Collected data.
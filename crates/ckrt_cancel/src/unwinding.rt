//! Unwinding: the way of a thread through its clean-up handlers and the destructors of its values to its end.
ghost use Rattle.std.specs.Prelude.{◌≡◌, true, false};
ghost use Rattle.ckrt_thread.specs.State.{is_live, is_waiting};
ghost use Rattle.ckrt_thread.specs.Unwinding.{next_handler};
ghost use Rattle.ckrt_cancel.specs.Rows.{unwinding_from, begin_unwind, cancelled, act_on_request};

use ckrt_thread::{ThreadId, Threads};

/// The thread unwinds from now on, to end with the value.
fn unwind_with(threads: &mut Threads, thread: ThreadId, value: u32)
    requires { is_live threads.old thread ≡ true }
    ensures threads { threads.new ≡ unwinding_from thread value threads.old }
    ensures live { is_live threads.new thread ≡ true }
{
    let cancellation = threads.cancellation(thread).unwinding_with(value);
    threads.set_cancellation(thread, &cancellation);
}

/// The thread's request is gone, and it unwinds from now on, to end as a cancelled thread.
pub fn cancel(threads: &mut Threads, thread: ThreadId)
    requires { is_live threads.old thread ≡ true }
    ensures threads { threads.new ≡ cancelled thread threads.old }
    ensures live { is_live threads.new thread ≡ true }
{
    let cancellation = threads.cancellation(thread).acted_on();
    threads.set_cancellation(thread, &cancellation);
}

/// A thread, which does not wait, begins to unwind: it goes to its newest clean-up handler, and so on over the destructors
/// of its values to its end with the value (POSIX.1-2017, pthread_exit). Where it unwinds already, this value replaces the one that it had.
pub fn begin_unwind(threads: &mut Threads, thread: ThreadId, value: u32)
    requires live { is_live threads.old thread ≡ true }
    requires free { is_waiting threads.old thread ≡ false }
    ensures { threads.new ≡ begin_unwind thread value threads.old }
{
    unwind_with(threads, thread, value);
    next_handler(threads, thread);
}

/// A thread, which does not wait, acts on the request that was made: it unwinds, to end as a cancelled thread.
pub fn act_on_request(threads: &mut Threads, thread: ThreadId)
    requires live { is_live threads.old thread ≡ true }
    requires free { is_waiting threads.old thread ≡ false }
    ensures { threads.new ≡ act_on_request thread threads.old }
{
    cancel(threads, thread);
    next_handler(threads, thread);
}

/// A thread that unwinds, and does not wait, has come to the end of a clean-up handler or a destructor: it goes to its
/// newest handler, else to its next destructor, or ends where none is left.
pub fn next_handler(threads: &mut Threads, thread: ThreadId)
    requires live { is_live threads.old thread ≡ true }
    requires free { is_waiting threads.old thread ≡ false }
    ensures { threads.new ≡ next_handler thread threads.old }
{
    threads.next_handler(thread);
}
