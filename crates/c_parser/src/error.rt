ghost use Rattle.std.specs.Prelude.{◌≡◌};
ghost use Rattle.c_parser.specs.declared.error.ParseError.TheVariants as error;

use cbi_base::Memory;
use std::alloc::{AllocError, AllocFailed};

/// Why tokens aren't parsed.
#[derive(Clone, Copy, Debug, PartialEq, Eq)]
pub enum ParseError {
    /// No well-formed tree has the tokens. The item is the length of the longest front that is empty or the tokens of a
    /// well-formed tree; the index is that of a token with which none goes on, or the number of tokens.
    Syntax { index: usize, item: usize },
    Memory,
}

impl From<Memory> for ParseError {
    ghost from_gives = { λ _ e. e ≡ error.Memory };

    fn from(_e: Memory) -> ParseError {
        ParseError::Memory
    }
}

impl From<AllocError> for ParseError {
    ghost from_gives = { λ _ e. e ≡ error.Memory };

    fn from(_e: AllocError) -> ParseError {
        ParseError::Memory
    }
}

impl<T: Drop> From<AllocFailed<T>> for ParseError {
    ghost from_gives = { λ _ e. e ≡ error.Memory };

    fn from(_e: AllocFailed<T>) -> ParseError {
        ParseError::Memory
    }
}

Assignment. Only the lines containing the word "filename" should be returned from the data above.

Finished task.
filename crates/ckrt_cancel/src/unwinding.rt
filename crates/c_parser/src/error.rt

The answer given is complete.